If I knew all that magic, I'd make all of us rich!!!!!!

Ok, I'm trying it anyway. Everyone check your bank balances.


----------



## FaTal1 (Jun 19, 2006)

Stoney Bud said:
			
		

> Thanks ya'll !!
> 
> If I knew all that magic, I'd make all of us rich!!!!!!
> 
> Ok, I'm trying it anyway. Everyone check your bank balances.


 
instead of throwing in that green paper in our bank accounts how bout you make weed grow in our back yards?  lol


----------



## naturalhi (Jun 19, 2006)

I'd like to see that myself!!!!


----------



## mikey (Jun 20, 2006)

resin is some funny stuff but im not a big fan of it because of its taste and how sticky it is


----------



## pranicfever (Jun 20, 2006)

Yes, I'm on here so little anymore... being bounced around... kinda like one of those super balls you can get for a quarter out of the little machines at the grocery store. just imagine how many bouncy balls are sold every year.... thats alot, all because a kid stood infront of the machine and screamed till his mother gave him a quarter... wish it was me getting the quarter,so hell yeah ship me some weed to my bank account, i'd never go broke anymore. so yeah back to what i was saying i'm hardly around always at work or runnin around.. or so fucked up i can't move. Ok.. back to the resin talk... The Blacker the Berry the Sweeter the Juice
Oh yeah... def agree with the comment that it's like smoking the weed a second time...


----------



## THE BROTHER'S GRUNT (Jun 20, 2006)

*Whats up everyone. Well this is the resin that i poke out of the stem in my bong everytime i clean it which is once a week. I will tell you this it will get you high. I myself think it gives you a burned out type of high but never the less it gets you high. *


----------



## onie_wonderboy (Jun 20, 2006)

or just make our stashes get a lil.....well maybe alot bigger.


----------



## cottonchops (Jun 20, 2006)

i've dug through the garbage in search of my weed thinking maybe i'd accidently thrown it away.i just hide it from myself sometimes.and iv'e too smoked resin, only i saturate my resin in cotton,roll it into small balls,let it set up a little and then smoke it up! when i use this process i get double the tokes and when it's all smoked up, all that's left is a small hardened nugget.no sticky mess just empty and reload.


----------



## JerryG1989 (Jun 21, 2006)

personally i smoke the rein but only when needed 
sometime i scrape it and ball it up and put it in my empty herb stash can  and let it roll around and it picks up the kif or keef and its not that bad of asmoke especially when u need it


----------



## A.K. (Jun 21, 2006)

yea you can smoke it melt it into a ball and put it in your peice and SMOKE IT


----------



## FaTal1 (Jun 21, 2006)

TBG that pic makes me want to never touch resin ever again lol


----------



## RossAlexander (Jun 26, 2006)

i scrape my peices like once a month. that stuff gets me really high. i always think of it as extremely concentrated THC. i'm no chemist though.


----------



## DillaWilla (Jun 27, 2006)

Whats Residue??.....No wait, Whats Resin Do?  

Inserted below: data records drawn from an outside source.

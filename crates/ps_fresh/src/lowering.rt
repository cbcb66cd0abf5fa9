//! What a lowering has made so far.
use crate::expr_cache::ExprCache;
use crate::name_source::NameSource;
use keyed_slots::SlotMap;
use ps_phys::phys::{PhysNode, PhysNodeKey};
use pu_base::Node;

/// The nodes, what is known of expressions, the names in use, and the logical node that is being lowered.
#[derive(Drop)]
pub struct Lowering {
    pub phys_sm: SlotMap<PhysNodeKey, PhysNode>,
    pub cache: ExprCache,
    pub names: NameSource,
    pub origin: Node,
}
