//! What a lowering knows of expressions: whether they read their input, and whether they are elementwise.
ghost use Rattle.std.specs.Prelude.{◌≡◌, [], Err, IfOk, OnErr};
ghost use Rattle.ps_frame.specs.Trees.{IsExpression, tree_at};
ghost use Rattle.ps_frame.specs.Typing.{is_elementwise as is_elementwise_tree, is_independent};
ghost use Rattle.ps_frame.specs.declared.refusal.PolarsError.{PolarsError};
ghost use Rattle.ps_fresh.specs.Known.{Remembers};

use crate::elementwise::is_elementwise_expr;
use crate::independent::is_independent_expr;
use crate::known::KnownAnswers;
use ps_frame::expr::AExpr;
use ps_frame::refusal::PolarsResult;
use pu_base::{Arena, Node};
use std::alloc::Global;

/// What is known of expressions. A cache is used with one arena alone, to which entries may be added.
#[derive(Drop)]
pub struct ExprCache {
    independent: KnownAnswers,
    elementwise: KnownAnswers,
}

impl ExprCache {
    /// A cache that knows nothing, with room for what is known of so many expressions.
    ///
    /// Fails only for want of memory.
    pub fn with_capacity(alloc: Global, capacity: usize) -> PolarsResult<ExprCache>
        ensures independent { IfOk result (λ cache. cache.independent ≡ []) }
        ensures elementwise { IfOk result (λ cache. cache.elementwise ≡ []) }
        ensures memory { OnErr result (result ≡ Err PolarsError.OutOfMemory) }
    {
        Ok(ExprCache {
            independent: KnownAnswers::with_capacity(alloc, capacity)?,
            elementwise: KnownAnswers::with_capacity(alloc, capacity)?,
        })
    }
}

/// Whether an expression reads no input: no column, and no height. Each expression below it is looked at once, in all calls together.
///
/// Fails only for want of memory; what is then known is still right.
pub fn is_input_independent(
    alloc: Global,
    expr: Node,
    arena: &Arena<AExpr>,
    cache: &mut ExprCache,
) -> PolarsResult<bool>
    requires expr { IsExpression arena.now.items expr }
    requires cache { Remembers arena.now.items cache.old }
    ensures is { IfOk result (λ is. is ≡ is_independent (tree_at arena.now.items expr)) }
    ensures cache { Remembers arena.now.items cache.new }
    ensures memory { OnErr result (result ≡ Err PolarsError.OutOfMemory) }
{
    is_independent_expr(alloc, expr, arena, &mut cache.independent)
}

/// Whether each cell of an expression's answer comes from the cells of its row. Each expression below it is looked at
/// once, in all calls together.
///
/// Fails only for want of memory; what is then known is still right.
pub fn is_elementwise(
    alloc: Global,
    expr: Node,
    arena: &Arena<AExpr>,
    cache: &mut ExprCache,
) -> PolarsResult<bool>
    requires expr { IsExpression arena.now.items expr }
    requires cache { Remembers arena.now.items cache.old }
    ensures is { IfOk result (λ is. is ≡ is_elementwise_tree (tree_at arena.now.items expr)) }
    ensures cache { Remembers arena.now.items cache.new }
    ensures memory { OnErr result (result ≡ Err PolarsError.OutOfMemory) }
{
    is_elementwise_expr(alloc, expr, arena, &mut cache.elementwise)
}
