// The numbers of the temporary names that the nodes of a valid plan use.
ghost use Rattle.std.specs.Prelude.{◌≡◌, ◌++◌, ◌<◌, Err, IfOk, List, ℕ, OnErr, OnOk, length};
ghost use Rattle.std.specs.List.{All};
ghost use Rattle.std.specs.List.Sorted.{IsStrictlyIncreasing};
ghost use Rattle.ps_frame.specs.declared.refusal.PolarsError.{PolarsError};
ghost use Rattle.ps_meaning.specs.Steps.{Name};
ghost use Rattle.valid_plans.specs.Known.{IsKnown};
ghost use Rattle.ps_fresh.specs.Collected.{AreNumbersOf};
ghost use Rattle.ps_fresh.specs.InPlans.{all_known_names, known_names};

use crate::temporary::add_names;
use ps_frame::refusal::PolarsResult;
use ps_plan::ir::IR;
use pu_base::Node;
use std::alloc::Global;
use std::collections::BTreeSet;
use valid_plans::valid::Valid;

/// Adds those of a node: of its columns, and of the table that it scans.
///
/// Fails only for want of memory.
fn add_node(alloc: Global, valid: &Valid, node: Node, taken: &mut BTreeSet<u64>) -> PolarsResult<()>
    requires known { IsKnown valid.now.schemas node }
    requires there { node.0 < length valid.now.nodes }
    ensures added { OnOk result ((names : List Name) → AreNumbersOf taken.old.keys names → AreNumbersOf taken.new.keys (names ++ known_names valid.now node.0)) }
    ensures memory { OnErr result (result ≡ Err PolarsError.OutOfMemory) }
{
    add_names(alloc, valid.schema(node), taken)?;
    match valid.ir().get(node) {
        IR::DataFrameScan { df, projection: _ } => add_names(alloc, df.schema(), taken),
        _ => Ok(()),
    }
}

/// The numbers of the temporary names at some nodes.
///
/// Fails only for want of memory.
pub(crate) fn numbers_in_use(
    alloc: Global,
    valid: &Valid,
    order: &[usize],
) -> PolarsResult<BTreeSet<u64>>
    requires known { All (λ (n : ℕ). IsKnown valid.now.schemas (record { 0 = n })) order.now }
    requires there { All (λ n. n < length valid.now.nodes) order.now }
    ensures numbers { IfOk result (λ taken. AreNumbersOf taken.keys (all_known_names valid.now order.now)) }
    ensures rising { IfOk result (λ taken. IsStrictlyIncreasing taken.keys) }
    ensures memory { OnErr result (result ≡ Err PolarsError.OutOfMemory) }
{
    let mut taken = BTreeSet::new(alloc);
    for node in order {
        add_node(alloc, valid, Node(*node), &mut taken)?;
    }
    // What a set tells of its length tells that its numbers rise, too.
    let _count = taken.len();
    Ok(taken)
}
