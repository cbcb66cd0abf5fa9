// What a lowering keeps while it goes on: fresh names, what is known of expressions, and the schemas of selects.
#![tactic(auto)]

mod elementwise;
pub mod expr_cache;
mod independent;
mod known;
pub mod lowering;
pub mod name_source;
mod names_in_use;
pub mod schemas;
mod temporary;
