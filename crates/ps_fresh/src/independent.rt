//! Whether expressions read their input.
ghost use Rattle.std.specs.Prelude.{◌≡◌, ◌&&◌, Err, IfOk, OnErr};
ghost use Rattle.ps_frame.specs.Trees.{AreComplete, IsExpression, tree_at, trees_of};
ghost use Rattle.ps_frame.specs.Typing.{every_part_of_all, is_independent, reads_no_input};
ghost use Rattle.ps_frame.specs.declared.refusal.PolarsError.{PolarsError};
ghost use Rattle.ps_plan.specs.Graph.{aggregate_operand};
ghost use Rattle.ps_fresh.specs.Known.{RemembersBy};

use crate::known::KnownAnswers;
use ps_frame::expr::{AExpr, IRAggExpr, entry};
use ps_frame::refusal::{PolarsError, PolarsResult};
use pu_base::{Arena, Node};
use std::alloc::Global;

/// Whether an expression reads no input: no column, and no height. Each expression below it is looked at once, in all calls together.
///
/// Fails only for want of memory; what is then known is still right.
#[cycle(input_independent)]
pub(crate) fn is_independent_expr(
    alloc: Global,
    expr: Node,
    arena: &Arena<AExpr>,
    cache: &mut KnownAnswers,
) -> PolarsResult<bool>
    requires expr { IsExpression arena.now.items expr }
    requires cache { RemembersBy is_independent arena.now.items cache.old }
    ensures is { IfOk result (λ is. is ≡ is_independent (tree_at arena.now.items expr)) }
    ensures cache { RemembersBy is_independent arena.now.items cache.new }
    ensures memory { OnErr result (result ≡ Err PolarsError.OutOfMemory) }
{
    if let Some(is) = cache.get(expr) {
        return Ok(is);
    }
    let is = is_entry_independent(alloc, expr, arena, cache)?;
    cache.note(expr, is)?;
    Ok(is)
}

// The same by its operands, whatever is known of it.
#[cycle(input_independent)]
fn is_entry_independent(
    alloc: Global,
    expr: Node,
    arena: &Arena<AExpr>,
    cache: &mut KnownAnswers,
) -> PolarsResult<bool>
    requires expr { IsExpression arena.now.items expr }
    requires cache { RemembersBy is_independent arena.now.items cache.old }
    ensures is { IfOk result (λ is. is ≡ is_independent (tree_at arena.now.items expr)) }
    ensures cache { RemembersBy is_independent arena.now.items cache.new }
    ensures memory { OnErr result (result ≡ Err PolarsError.OutOfMemory) }
{
    match entry(expr, arena) {
        AExpr::Column(_) | AExpr::Len => Ok(false),
        AExpr::Literal(_) | AExpr::LeftOut(_) => Ok(true),
        AExpr::BinaryExpr { left, op: _, right } => {
            are_both_independent(alloc, *left, *right, arena, cache)
        }
        AExpr::Cast { expr, .. } | AExpr::Sort { expr, .. } => {
            is_independent_expr(alloc, *expr, arena, cache)
        }
        AExpr::SortBy { expr, by, .. } => {
            is_with_all_independent(alloc, *expr, by.as_slice(), arena, cache)
        }
        AExpr::Gather { expr, idx, .. } => are_both_independent(alloc, *expr, *idx, arena, cache),
        AExpr::Filter { input, by } => are_both_independent(alloc, *input, *by, arena, cache),
        AExpr::Agg(aggregate) => is_independent_expr(alloc, operand(aggregate), arena, cache),
        AExpr::Ternary {
            predicate,
            truthy,
            falsy,
        } => are_three_independent(alloc, *predicate, *truthy, *falsy, arena, cache),
        AExpr::Function { input, .. } => is_independent_expr(alloc, *input, arena, cache),
        AExpr::Slice {
            input,
            offset,
            length,
        } => are_three_independent(alloc, *input, *offset, *length, arena, cache),
    }
}

// The expression over which an aggregate goes.
fn operand(aggregate: &IRAggExpr) -> Node
    ensures { result ≡ aggregate_operand aggregate.now }
{
    match aggregate {
        IRAggExpr::Min(input)
        | IRAggExpr::Max(input)
        | IRAggExpr::First(input)
        | IRAggExpr::Last(input)
        | IRAggExpr::Sum(input)
        | IRAggExpr::NUnique(input)
        | IRAggExpr::Count(input, _) => *input,
    }
}

// Whether neither of two expressions reads an input.
#[cycle(input_independent)]
fn are_both_independent(
    alloc: Global,
    first: Node,
    second: Node,
    arena: &Arena<AExpr>,
    cache: &mut KnownAnswers,
) -> PolarsResult<bool>
    requires first { IsExpression arena.now.items first }
    requires second { IsExpression arena.now.items second }
    requires cache { RemembersBy is_independent arena.now.items cache.old }
    ensures are { IfOk result (λ are. are ≡ (is_independent (tree_at arena.now.items first) && is_independent (tree_at arena.now.items second))) }
    ensures cache { RemembersBy is_independent arena.now.items cache.new }
    ensures memory { OnErr result (result ≡ Err PolarsError.OutOfMemory) }
{
    let first = is_independent_expr(alloc, first, arena, cache)?;
    let second = is_independent_expr(alloc, second, arena, cache)?;
    Ok(first && second)
}

// Whether none of three does.
#[cycle(input_independent)]
fn are_three_independent(
    alloc: Global,
    first: Node,
    second: Node,
    third: Node,
    arena: &Arena<AExpr>,
    cache: &mut KnownAnswers,
) -> PolarsResult<bool>
    requires first { IsExpression arena.now.items first }
    requires second { IsExpression arena.now.items second }
    requires third { IsExpression arena.now.items third }
    requires cache { RemembersBy is_independent arena.now.items cache.old }
    ensures are { IfOk result (λ are. are ≡ (is_independent (tree_at arena.now.items first) && (is_independent (tree_at arena.now.items second) && is_independent (tree_at arena.now.items third)))) }
    ensures cache { RemembersBy is_independent arena.now.items cache.new }
    ensures memory { OnErr result (result ≡ Err PolarsError.OutOfMemory) }
{
    let first = is_independent_expr(alloc, first, arena, cache)?;
    let others = are_both_independent(alloc, second, third, arena, cache)?;
    Ok(first && others)
}

// Whether neither an expression nor any of others does.
#[cycle(input_independent)]
fn is_with_all_independent(
    alloc: Global,
    first: Node,
    others: &[Node],
    arena: &Arena<AExpr>,
    cache: &mut KnownAnswers,
) -> PolarsResult<bool>
    requires first { IsExpression arena.now.items first }
    requires others { AreComplete (trees_of (tree_at arena.now.items) others.now) }
    requires cache { RemembersBy is_independent arena.now.items cache.old }
    ensures are { IfOk result (λ are. are ≡ (is_independent (tree_at arena.now.items first) && every_part_of_all reads_no_input (trees_of (tree_at arena.now.items) others.now))) }
    ensures cache { RemembersBy is_independent arena.now.items cache.new }
    ensures memory { OnErr result (result ≡ Err PolarsError.OutOfMemory) }
{
    let first = is_independent_expr(alloc, first, arena, cache)?;
    let others = are_all_independent(alloc, others, arena, cache)?;
    Ok(first && others)
}

// Whether none of some expressions does.
#[cycle(input_independent)]
fn are_all_independent(
    alloc: Global,
    exprs: &[Node],
    arena: &Arena<AExpr>,
    cache: &mut KnownAnswers,
) -> PolarsResult<bool>
    requires exprs { AreComplete (trees_of (tree_at arena.now.items) exprs.now) }
    requires cache { RemembersBy is_independent arena.now.items cache.old }
    ensures are { IfOk result (λ are. are ≡ every_part_of_all reads_no_input (trees_of (tree_at arena.now.items) exprs.now)) }
    ensures cache { RemembersBy is_independent arena.now.items cache.new }
    ensures memory { OnErr result (result ≡ Err PolarsError.OutOfMemory) }
{
    for expr in exprs {
        if !is_independent_expr(alloc, *expr, arena, cache)? {
            return Ok(false);
        }
    }
    Ok(true)
}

J/K- That was a joke me and my friends used to have when we ran out of kind herb.  We would scrape our pieces and get a massive resin ball...and let me tell you that stuff gets you baked  , especially when its dank resin.  It is however IMHO a real different high, for me it is more intense and then real cheesy.  It hits hard and then cheeses out. Anyhow like someone said earlier if your dry you might as well put it to good use.  Peace Out and GG


----------



## Stoney Bud (Jun 28, 2006)

DillaWilla said:
			
		

> for me it is more intense and then real cheesy. It hits hard and then cheeses out.


Hhahaahaha, you're crackin me up! It's funny how words mean different things through the years.

Back in my younger years, if you said something was "Cheesy", you'd mean it was "Cheap", poorly made. Like "I don't like balsawood airplanes, they seem like they're cheesy as hell. Back then, everyone would know exactly what you meant. Now you've shown me another meaning of the term "cheesy".

Cool.

Hey, everything facinates me when I'm high man.


----------



## bmello (Jun 28, 2006)

What does cheesy mean now?


----------



## RossAlexander (Jun 28, 2006)

big bowl or raisonbran big bowl of resin man!


----------



## Marv5635 (Nov 17, 2020)

moosesmokespot said:


> my friend told me i could but i dont know.....



Bro I’m from the year 2020 it’s ok I promise you wanna savor it rn ....savor it allllllllll


----------



## sharonp (Nov 17, 2020)

Resins is good to build up in your bowl if you are smoking weed with a high THC content. When you smoke it, sometimes you get pretty high. You can ruin it though buy smoking cheap low grade pot.


----------



## WeedHopper (Nov 18, 2020)

That black shit is also not good for your lungs. Clean your pipe with alcohol and use fresh flowers.


----------



## ROSTERMAN (Nov 18, 2020)

Heck sure it's OK to s.moke if you want to end up looking like Me,,,,,,,,
Garbage don't smoke it and take risk of damaging your lungs, they are the only set you have, Dummy


----------



## Lextar7 (Nov 18, 2020)

Don't smoke it dude. I used to back in the day  when I was in school(30-40 years ago) Sure you get high but the       crash used to be tough. that's just my opinion but if you can save some flower for times like this it will be worth it.


----------



## 1sickpuppy (Nov 18, 2020)

14 year old thread, bet none of them folks are here no more


----------